Type out the full set of entries again, unchanged.

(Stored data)
•••••
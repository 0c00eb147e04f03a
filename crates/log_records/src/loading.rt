// Loads a log of records.
ghost use Rattle.std.specs.Prelude.{◌≡◌, ◌≤◌, ◌+◌, ◌^◌, ◌∷◌, [], List, IfOk, IfErr};
ghost use Rattle.std.specs.Option.{option_or};
ghost use Rattle.disk_model.specs.Disk.{Files, Rises, Stays};
ghost use Rattle.disk_model.specs.declared.machine.FileNo.{FileNo};
ghost use Rattle.formats.specs.Log.{Header};
ghost use Rattle.formats.specs.Reading.{FailsBy, TellsDamage};
ghost use Rattle.formats.specs.Records.{next_after, last_checkpoint, records_of, HoldsRecordLog};
ghost use Rattle.formats.specs.declared.record.Record.{Record};
ghost use Rattle.log_records.specs.Loading.{IsLoadFault, IsTailFault, IsCountOf};
ghost use Rattle.log_records.specs.RecordLog.{IsHeldIn, IsLoaded};
ghost use Rattle.log_records.specs.RecordReader.{AreAll};

use crate::RecordLog;
use crate::counted::Counted;
use crate::placing::commands_in;
use crate::record_reader::RecordReader;
use dirty_page_table::DirtyPageTable;
use disk_model::Machine;
use formats::{ReadErr, Record};
use log_blocks::LogFile;
use oper_core::{Bounds, Oper};
use std::alloc::Global;
use std::marker::PhantomData;

// The table of a record that is a checkpoint, and else the one before it.
fn last_table<O: Oper>(record: Record<O>, before: Option<DirtyPageTable>) -> Option<DirtyPageTable>
    ensures { result ≡ option_or (last_checkpoint («record» ∷ [])) before }
{
    match record {
        Record::Checkpoint(table) => Some(table),
        Record::Command(_, _) | Record::Identity(_, _, _) => before,
    }
}

// Counts the records of a log, of which it keeps the last checkpoint's table.
fn count_records<O: Oper, M: Machine>(
    alloc: Global,
    m: &mut M,
    b: Bounds,
    log: &LogFile,
) -> Result<Counted, ReadErr>
    requires { log.now.header.base ≤ 2 ^ 62 }
    ensures kept { Stays (M.disk m.old) (M.disk m.new) }
    ensures counted { IfOk result (λ it. (records : List (Record O)) × AreAll (O.meaning b) (M.disk m.new) log.now records × IsCountOf log.now.header.base records it) }
    ensures cause { IfErr result (FailsBy (Rises (M.disk m.old).disk_faults (M.disk m.new).disk_faults)
        (IsTailFault (O.meaning b) (M.disk m.new) log.now)) }
{
    let mut reader = RecordReader::<O>::new(alloc, m, b, log)?;
    let mut commands = 0;
    let mut last = None;
    while let Some(record) = reader.next(m)? {
        commands += commands_in(&record);
        last = last_table(record, last);
    }
    Ok(Counted {
        next: reader.next_lsn(),
        commands,
        last,
    })
}

impl<O: Oper> RecordLog<O> {
    /// The log in force, whose records are of the grammar for these bounds and right in their places, and the table of the
    /// last checkpoint among them. No record is kept in memory.
    pub fn load_checked<M: Machine>(
        alloc: Global,
        m: &mut M,
        b: Bounds,
    ) -> Result<(RecordLog<O>, Option<DirtyPageTable>), ReadErr>
        ensures kept { Stays (M.disk m.old) (M.disk m.new) }
        ensures read { (M.disk m.old).tells_files → IfOk result (λ found. (it : IsLoaded (O.meaning b) b (M.disk m.old) (M.disk m.new) found.0)
            × (found.1 ≡ last_checkpoint (records_of it.groups))) }
        ensures held { (files : Files) → (M.disk m.new).agrees files → IfOk result (λ found. IsHeldIn (O.meaning b) files found.0) }
        ensures counted { IfOk result (λ found. (records : List (Record O)) × AreAll (O.meaning b) (M.disk m.new) found.0.log records
            × (found.0.next ≡ next_after found.0.log.header.base records) × (found.1 ≡ last_checkpoint records)) }
        ensures bounds { IfOk result (λ found. found.0.bounds ≡ b) }
        ensures next { IfOk result (λ found. (1 ≤ found.0.next) × (found.0.next ≤ 2 ^ 62)) }
        ensures cause { IfErr result (FailsBy (Rises (M.disk m.old).disk_faults (M.disk m.new).disk_faults)
            (λ file place. (files : Files) → (M.disk m.new).agrees files → IsLoadFault (O.meaning b) files file place)) }
        ensures whole { (M.disk m.old).tells_files → (active : FileNo) (header : Header) (groups : List (List (Record O)))
            → HoldsRecordLog (O.meaning b) active header groups (M.disk m.old).reads → IfErr result (λ e. TellsDamage e → ⊥) }
    {
        let log = LogFile::load(alloc, m)?;
        let counted = count_records::<O, M>(alloc, m, b, &log)?;
        let accepted = log.commands().saturating_add(counted.commands);
        let log = RecordLog {
            alloc,
            bounds: b,
            next: counted.next,
            accepted,
            forced: accepted,
            log,
            code: Vec::new(alloc),
            of: PhantomData,
        };
        Ok((log, counted.last))
    }
}
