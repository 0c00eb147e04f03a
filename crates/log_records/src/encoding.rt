// The code of a command's record, made before it is certain that the record is added.
ghost use Rattle.std.specs.Prelude.{◌≡◌, ◌≤◌, ◌<◌, ◌+◌, ◌^◌, ◌++◌, List, ℕ, length, IfOk};
ghost use Rattle.oper_core.specs.Meaning.{IsInGrammar};
ghost use Rattle.formats.specs.Records.{record_code};
ghost use Rattle.formats.specs.declared.record.Record.TheVariants.{Command};

use crate::RecordLog;
use crate::codec::push_command;
use oper_core::{Memory, Oper};
use std::marker::Model;
use std::mem;

/// The code of a log's next record, which is a command.
#[derive(Drop)]
pub struct EncodedCommand {
    bytes: Vec<u8>,
}

impl Model for EncodedCommand {
    ghost Value = { List ℕ };

    ghost view = { λ s. s.bytes.items };
}

impl<O: Oper> RecordLog<O> {
    /// The code of the next record, where that is this command, and room for it. Either way nothing but the room changes.
    pub fn encode_command(&mut self, op: &O) -> Result<EncodedCommand, Memory>
        requires { IsInGrammar (O.meaning self.old.bounds) op.now }
        ensures code { IfOk result (λ code. code ≡ record_code (O.meaning self.old.bounds) (Command self.old.next op.now)) }
        ensures room { IfOk result (λ code. length code ≤ self.new.log.room) }
        ensures kept { self.new ≡ record self.old { log = record self.old.log { room = self.new.log.room } } }
    {
        let mut bytes = mem::replace(&mut self.code, Vec::new(self.alloc));
        bytes.clear();
        push_command(self.next, op, &mut bytes)?;
        self.log.make_room(bytes.len() as u64)?;
        Ok(EncodedCommand { bytes })
    }

    /// Adds the code of the next record after those that wait, and counts its command. Room was made for it. No memory.
    pub fn append_encoded(&mut self, command: EncodedCommand)
        requires lsn { self.old.next < 2 ^ 62 }
        requires room { length command ≤ self.old.log.room }
        requires short { length self.old.log.pending + length command ≤ 2 ^ 30 }
        requires place { self.old.log.end + 5 + length self.old.log.pending + length command < 2 ^ 49 }
        ensures { self.new ≡ record self.old {
          log = record self.old.log { pending = self.old.log.pending ++ command; room = self.new.log.room };
          next = self.old.next + 1;
          accepted = self.old.accepted + 1;
        } }
    {
        self.log.push(&command.bytes);
        self.next += 1;
        self.accepted += 1;

        // Its memory serves the next command.
        self.code = command.bytes;
    }
}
•••••
▸ Reply to the task:
repository 0c00eb147e04f03a
filename crates/log_records/src/loading.rt
// Loads a log of records.
ghost use Rattle.std.specs.Prelude.{◌≡◌, ◌≤◌, ◌+◌, ◌^◌, ◌∷◌, [], List, IfOk, IfErr};
ghost use Rattle.std.specs.Option.{option_or};
ghost use Rattle.disk_model.specs.Disk.{Files, Rises, Stays};
ghost use Rattle.disk_model.specs.declared.machine.FileNo.{FileNo};
ghost use Rattle.formats.specs.Log.{Header};
ghost use Rattle.formats.specs.Reading.{FailsBy, TellsDamage};
ghost use Rattle.formats.specs.Records.{next_after, last_checkpoint, records_of, HoldsRecordLog};
ghost use Rattle.formats.specs.declared.record.Record.{Record};
ghost use Rattle.log_records.specs.Loading.{IsLoadFault, IsTailFault, IsCountOf};
ghost use Rattle.log_records.specs.RecordLog.{IsHeldIn, IsLoaded};
ghost use Rattle.log_records.specs.RecordReader.{AreAll};

use crate::RecordLog;
use crate::counted::Counted;
use crate::placing::commands_in;
use crate::record_reader::RecordReader;
use dirty_page_table::DirtyPageTable;
use disk_model::Machine;
use formats::{ReadErr, Record};
use log_blocks::LogFile;
use oper_core::{Bounds, Oper};
use std::alloc::Global;
use std::marker::PhantomData;

// The table of a record that is a checkpoint, and else the one before it.
fn last_table<O: Oper>(record: Record<O>, before: Option<DirtyPageTable>) -> Option<DirtyPageTable>
    ensures { result ≡ option_or (last_checkpoint («record» ∷ [])) before }
{
    match record {
        Record::Checkpoint(table) => Some(table),
        Record::Command(_, _) | Record::Identity(_, _, _) => before,
    }
}

// Counts the records of a log, of which it keeps the last checkpoint's table.
fn count_records<O: Oper, M: Machine>(
    alloc: Global,
    m: &mut M,
    b: Bounds,
    log: &LogFile,
) -> Result<Counted, ReadErr>
    requires { log.now.header.base ≤ 2 ^ 62 }
    ensures kept { Stays (M.disk m.old) (M.disk m.new) }
    ensures counted { IfOk result (λ it. (records : List (Record O)) × AreAll (O.meaning b) (M.disk m.new) log.now records × IsCountOf log.now.header.base records it) }
    ensures cause { IfErr result (FailsBy (Rises (M.disk m.old).disk_faults (M.disk m.new).disk_faults)
        (IsTailFault (O.meaning b) (M.disk m.new) log.now)) }
{
    let mut reader = RecordReader::<O>::new(alloc, m, b, log)?;
    let mut commands = 0;
    let mut last = None;
    while let Some(record) = reader.next(m)? {
        commands += commands_in(&record);
        last = last_table(record, last);
    }
    Ok(Counted {
        next: reader.next_lsn(),
        commands,
        last,
    })
}

impl<O: Oper> RecordLog<O> {
    /// The log in force, whose records are of the grammar for these bounds and right in their places, and the table of the
    /// last checkpoint among them. No record is kept in memory.
    pub fn load_checked<M: Machine>(
        alloc: Global,
        m: &mut M,
        b: Bounds,
    ) -> Result<(RecordLog<O>, Option<DirtyPageTable>), ReadErr>
        ensures kept { Stays (M.disk m.old) (M.disk m.new) }
        ensures read { (M.disk m.old).tells_files → IfOk result (λ found. (it : IsLoaded (O.meaning b) b (M.disk m.old) (M.disk m.new) found.0)
            × (found.1 ≡ last_checkpoint (records_of it.groups))) }
        ensures held { (files : Files) → (M.disk m.new).agrees files → IfOk result (λ found. IsHeldIn (O.meaning b) files found.0) }
        ensures counted { IfOk result (λ found. (records : List (Record O)) × AreAll (O.meaning b) (M.disk m.new) found.0.log records
            × (found.0.next ≡ next_after found.0.log.header.base records) × (found.1 ≡ last_checkpoint records)) }
        ensures bounds { IfOk result (λ found. found.0.bounds ≡ b) }
        ensures next { IfOk result (λ found. (1 ≤ found.0.next) × (found.0.next ≤ 2 ^ 62)) }
        ensures cause { IfErr result (FailsBy (Rises (M.disk m.old).disk_faults (M.disk m.new).disk_faults)
            (λ file place. (files : Files) → (M.disk m.new).agrees files → IsLoadFault (O.meaning b) files file place)) }
        ensures whole { (M.disk m.old).tells_files → (active : FileNo) (header : Header) (groups : List (List (Record O)))
            → HoldsRecordLog (O.meaning b) active header groups (M.disk m.old).reads → IfErr result (λ e. TellsDamage e → ⊥) }
    {
        let log = LogFile::load(alloc, m)?;
        let counted = count_records::<O, M>(alloc, m, b, &log)?;
        let accepted = log.commands().saturating_add(counted.commands);
        let log = RecordLog {
            alloc,
            bounds: b,
            next: counted.next,
            accepted,
            forced: accepted,
            log,
            code: Vec::new(alloc),
            of: PhantomData,
        };
        Ok((log, counted.last))
    }
}
repository 0c00eb147e04f03a
filename crates/log_records/src/encoding.rt
// The code of a command's record, made before it is certain that the record is added.
ghost use Rattle.std.specs.Prelude.{◌≡◌, ◌≤◌, ◌<◌, ◌+◌, ◌^◌, ◌++◌, List, ℕ, length, IfOk};
ghost use Rattle.oper_core.specs.Meaning.{IsInGrammar};
ghost use Rattle.formats.specs.Records.{record_code};
ghost use Rattle.formats.specs.declared.record.Record.TheVariants.{Command};

use crate::RecordLog;
use crate::codec::push_command;
use oper_core::{Memory, Oper};
use std::marker::Model;
use std::mem;

/// The code of a log's next record, which is a command.
#[derive(Drop)]
pub struct EncodedCommand {
    bytes: Vec<u8>,
}

impl Model for EncodedCommand {
    ghost Value = { List ℕ };

    ghost view = { λ s. s.bytes.items };
}

impl<O: Oper> RecordLog<O> {
    /// The code of the next record, where that is this command, and room for it. Either way nothing but the room changes.
    pub fn encode_command(&mut self, op: &O) -> Result<EncodedCommand, Memory>
        requires { IsInGrammar (O.meaning self.old.bounds) op.now }
        ensures code { IfOk result (λ code. code ≡ record_code (O.meaning self.old.bounds) (Command self.old.next op.now)) }
        ensures room { IfOk result (λ code. length code ≤ self.new.log.room) }
        ensures kept { self.new ≡ record self.old { log = record self.old.log { room = self.new.log.room } } }
    {
        let mut bytes = mem::replace(&mut self.code, Vec::new(self.alloc));
        bytes.clear();
        push_command(self.next, op, &mut bytes)?;
        self.log.make_room(bytes.len() as u64)?;
        Ok(EncodedCommand { bytes })
    }

    /// Adds the code of the next record after those that wait, and counts its command. Room was made for it. No memory.
    pub fn append_encoded(&mut self, command: EncodedCommand)
        requires lsn { self.old.next < 2 ^ 62 }
        requires room { length command ≤ self.old.log.room }
        requires short { length self.old.log.pending + length command ≤ 2 ^ 30 }
        requires place { self.old.log.end + 5 + length self.old.log.pending + length command < 2 ^ 49 }
        ensures { self.new ≡ record self.old {
          log = record self.old.log { pending = self.old.log.pending ++ command; room = self.new.log.room };
          next = self.old.next + 1;
          accepted = self.old.accepted + 1;
        } }
    {
        self.log.push(&command.bytes);
        self.next += 1;
        self.accepted += 1;

        // Its memory serves the next command.
        self.code = command.bytes;
    }
}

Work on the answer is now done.